Exercise input below:
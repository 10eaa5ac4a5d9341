//! What is seen of a whole run.

ghost use Rattle.std.specs.Prelude.{◌≡◌, ◌++◌, IfOk, OnOk};
ghost use Rattle.session_replies.specs.Views.{seen_of};
ghost use Rattle.script_lang.specs.Texts as spec;

use crate::heap::push_heap;
use crate::lines::{push_end, push_events};
use session_replies::Seen;
use std::alloc::{AllocError, Global};

/// The end with the heap's bytes, if there is one.
fn push_ending(alloc: Global, out: &mut Vec<u8>, seen: &Seen) -> Result<(), AllocError>
    ensures { OnOk result (out.new.items ≡ out.old.items ++ spec.ending_lines (seen_of seen.now).end (seen_of seen.now).heap) }
{
    match &seen.end {
        Some(end) => {
            push_end(out, end)?;
            push_heap(alloc, out, seen.heap.bytes())
        }
        None => out.extend_from_slice(b"still running\n"),
    }
}

/// The text of a run: a line for each event, then its end and a line for each sixteen bytes of the heap that aren't
/// all 0, or that it is still running.
pub fn observation_text(alloc: Global, seen: &Seen) -> Result<Vec<u8>, AllocError>
    ensures { IfOk result (λ text. text.items ≡ spec.observation_text (seen_of seen.now)) }
{
    let mut out = Vec::new(alloc);
    push_events(&mut out, seen.events.as_slice())?;
    push_ending(alloc, &mut out, seen)?;
    Ok(out)
}
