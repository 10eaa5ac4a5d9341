//! Words, events and ends.

ghost use Rattle.std.specs.Prelude.{◌≡◌, ◌++◌, map, OnOk};
ghost use Rattle.sem_words.specs.Lists.{text_bytes, list_items};
ghost use Rattle.session_lang.specs.Observation.{trapped};
ghost use Rattle.session_lang.specs.Views.{event_of, end_of};
ghost use Rattle.script_lang.specs.Texts as spec;

use itoa::Buffer;
use sem_words::{List, Text, TrapKind, Word, signed32, signed64};
use session_lang::{End, Event};
use std::alloc::AllocError;

/// A word, by its signed reading.
fn push_word(out: &mut Vec<u8>, word: Word) -> Result<(), AllocError>
    ensures { OnOk result (out.new.items ≡ out.old.items ++ spec.word_text word) }
{
    let mut digits = Buffer::new();
    match word {
        Word::W32(word) => out.extend_from_slice(digits.format(signed32(word)).as_bytes()),
        Word::W64(word) => out.extend_from_slice(digits.format(signed64(word)).as_bytes()),
    }
}

/// Words, each behind a space.
#[tactic(auto, using(crate::proofs::Steps::steps))]
fn push_words(out: &mut Vec<u8>, words: &[Word]) -> Result<(), AllocError>
    ensures { OnOk result (out.new.items ≡ out.old.items ++ spec.words_text words.now) }
{
    for word in words {
        out.extend_from_slice(b" ")?;
        push_word(out, *word)?;
    }
    Ok(())
}

/// The line of a call, after the words that say what it was.
fn push_call(
    out: &mut Vec<u8>,
    what: &[u8],
    name: &Text,
    args: &List<Word>,
) -> Result<(), AllocError>
    ensures { OnOk result (out.new.items
        ≡ out.old.items ++ spec.line (what.now ++ text_bytes name.now ++ spec.words_text (list_items args.now))) }
{
    out.extend_from_slice(what)?;
    out.extend_from_slice(name.as_bytes())?;
    push_words(out, args.as_slice())?;
    out.extend_from_slice(b"\n")
}

fn push_event(out: &mut Vec<u8>, event: &Event) -> Result<(), AllocError>
    ensures { OnOk result (out.new.items ≡ out.old.items ++ spec.event_line (event_of event.now)) }
{
    match event {
        Event::Import(name, args) => push_call(out, b"import ", name, args),
        Event::Result(word) => {
            out.extend_from_slice(b"result ")?;
            push_word(out, *word)?;
            out.extend_from_slice(b"\n")
        }
        Event::Returned => out.extend_from_slice(b"returned\n"),
    }
}

/// A line for each event.
#[tactic(auto, using(crate::proofs::Steps::steps))]
pub fn push_events(out: &mut Vec<u8>, events: &[Event]) -> Result<(), AllocError>
    ensures { OnOk result (out.new.items ≡ out.old.items ++ spec.event_lines (map event_of events.now)) }
{
    for event in events {
        push_event(out, event)?;
    }
    Ok(())
}

fn push_trap(out: &mut Vec<u8>, kind: TrapKind) -> Result<(), AllocError>
    ensures { OnOk result (out.new.items ≡ out.old.items ++ spec.end_line (trapped kind)) }
{
    let mut digits = Buffer::new();
    out.extend_from_slice(b"end trap ")?;
    out.extend_from_slice(digits.format(kind.code()).as_bytes())?;
    out.extend_from_slice(b"\n")
}

/// The line of an end.
pub fn push_end(out: &mut Vec<u8>, end: &End) -> Result<(), AllocError>
    ensures { OnOk result (out.new.items ≡ out.old.items ++ spec.end_line (end_of end.now)) }
{
    match end {
        End::Done => out.extend_from_slice(b"end done\n"),
        End::Stopped(name, args) => push_call(out, b"end stopped ", name, args),
        End::NoReply(name, args) => push_call(out, b"end no-reply ", name, args),
        End::Trap(kind) => push_trap(out, *kind),
    }
}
End of Exercise input.
_Task brief_:
Copy every entry exactly. Leave nothing out.

_Task output_:
repository 10eaa5ac4a5d9341
//! What is seen of a whole run.

ghost use Rattle.std.specs.Prelude.{◌≡◌, ◌++◌, IfOk, OnOk};
ghost use Rattle.session_replies.specs.Views.{seen_of};
ghost use Rattle.script_lang.specs.Texts as spec;

use crate::heap::push_heap;
use crate::lines::{push_end, push_events};
use session_replies::Seen;
use std::alloc::{AllocError, Global};

/// The end with the heap's bytes, if there is one.
fn push_ending(alloc: Global, out: &mut Vec<u8>, seen: &Seen) -> Result<(), AllocError>
    ensures { OnOk result (out.new.items ≡ out.old.items ++ spec.ending_lines (seen_of seen.now).end (seen_of seen.now).heap) }
{
    match &seen.end {
        Some(end) => {
            push_end(out, end)?;
            push_heap(alloc, out, seen.heap.bytes())
        }
        None => out.extend_from_slice(b"still running\n"),
    }
}

/// The text of a run: a line for each event, then its end and a line for each sixteen bytes of the heap that aren't
/// all 0, or that it is still running.
pub fn observation_text(alloc: Global, seen: &Seen) -> Result<Vec<u8>, AllocError>
    ensures { IfOk result (λ text. text.items ≡ spec.observation_text (seen_of seen.now)) }
{
    let mut out = Vec::new(alloc);
    push_events(&mut out, seen.events.as_slice())?;
    push_ending(alloc, &mut out, seen)?;
    Ok(out)
}
repository 10eaa5ac4a5d9341
//! Words, events and ends.

ghost use Rattle.std.specs.Prelude.{◌≡◌, ◌++◌, map, OnOk};
ghost use Rattle.sem_words.specs.Lists.{text_bytes, list_items};
ghost use Rattle.session_lang.specs.Observation.{trapped};
ghost use Rattle.session_lang.specs.Views.{event_of, end_of};
ghost use Rattle.script_lang.specs.Texts as spec;

use itoa::Buffer;
use sem_words::{List, Text, TrapKind, Word, signed32, signed64};
use session_lang::{End, Event};
use std::alloc::AllocError;

/// A word, by its signed reading.
fn push_word(out: &mut Vec<u8>, word: Word) -> Result<(), AllocError>
    ensures { OnOk result (out.new.items ≡ out.old.items ++ spec.word_text word) }
{
    let mut digits = Buffer::new();
    match word {
        Word::W32(word) => out.extend_from_slice(digits.format(signed32(word)).as_bytes()),
        Word::W64(word) => out.extend_from_slice(digits.format(signed64(word)).as_bytes()),
    }
}

/// Words, each behind a space.
#[tactic(auto, using(crate::proofs::Steps::steps))]
fn push_words(out: &mut Vec<u8>, words: &[Word]) -> Result<(), AllocError>
    ensures { OnOk result (out.new.items ≡ out.old.items ++ spec.words_text words.now) }
{
    for word in words {
        out.extend_from_slice(b" ")?;
        push_word(out, *word)?;
    }
    Ok(())
}

/// The line of a call, after the words that say what it was.
fn push_call(
    out: &mut Vec<u8>,
    what: &[u8],
    name: &Text,
    args: &List<Word>,
) -> Result<(), AllocError>
    ensures { OnOk result (out.new.items
        ≡ out.old.items ++ spec.line (what.now ++ text_bytes name.now ++ spec.words_text (list_items args.now))) }
{
    out.extend_from_slice(what)?;
    out.extend_from_slice(name.as_bytes())?;
    push_words(out, args.as_slice())?;
    out.extend_from_slice(b"\n")
}

fn push_event(out: &mut Vec<u8>, event: &Event) -> Result<(), AllocError>
    ensures { OnOk result (out.new.items ≡ out.old.items ++ spec.event_line (event_of event.now)) }
{
    match event {
        Event::Import(name, args) => push_call(out, b"import ", name, args),
        Event::Result(word) => {
            out.extend_from_slice(b"result ")?;
            push_word(out, *word)?;
            out.extend_from_slice(b"\n")
        }
        Event::Returned => out.extend_from_slice(b"returned\n"),
    }
}

/// A line for each event.
#[tactic(auto, using(crate::proofs::Steps::steps))]
pub fn push_events(out: &mut Vec<u8>, events: &[Event]) -> Result<(), AllocError>
    ensures { OnOk result (out.new.items ≡ out.old.items ++ spec.event_lines (map event_of events.now)) }
{
    for event in events {
        push_event(out, event)?;
    }
    Ok(())
}

fn push_trap(out: &mut Vec<u8>, kind: TrapKind) -> Result<(), AllocError>
    ensures { OnOk result (out.new.items ≡ out.old.items ++ spec.end_line (trapped kind)) }
{
    let mut digits = Buffer::new();
    out.extend_from_slice(b"end trap ")?;
    out.extend_from_slice(digits.format(kind.code()).as_bytes())?;
    out.extend_from_slice(b"\n")
}

/// The line of an end.
pub fn push_end(out: &mut Vec<u8>, end: &End) -> Result<(), AllocError>
    ensures { OnOk result (out.new.items ≡ out.old.items ++ spec.end_line (end_of end.now)) }
{
    match end {
        End::Done => out.extend_from_slice(b"end done\n"),
        End::Stopped(name, args) => push_call(out, b"end stopped ", name, args),
        End::NoReply(name, args) => push_call(out, b"end no-reply ", name, args),
        End::Trap(kind) => push_trap(out, *kind),
    }
}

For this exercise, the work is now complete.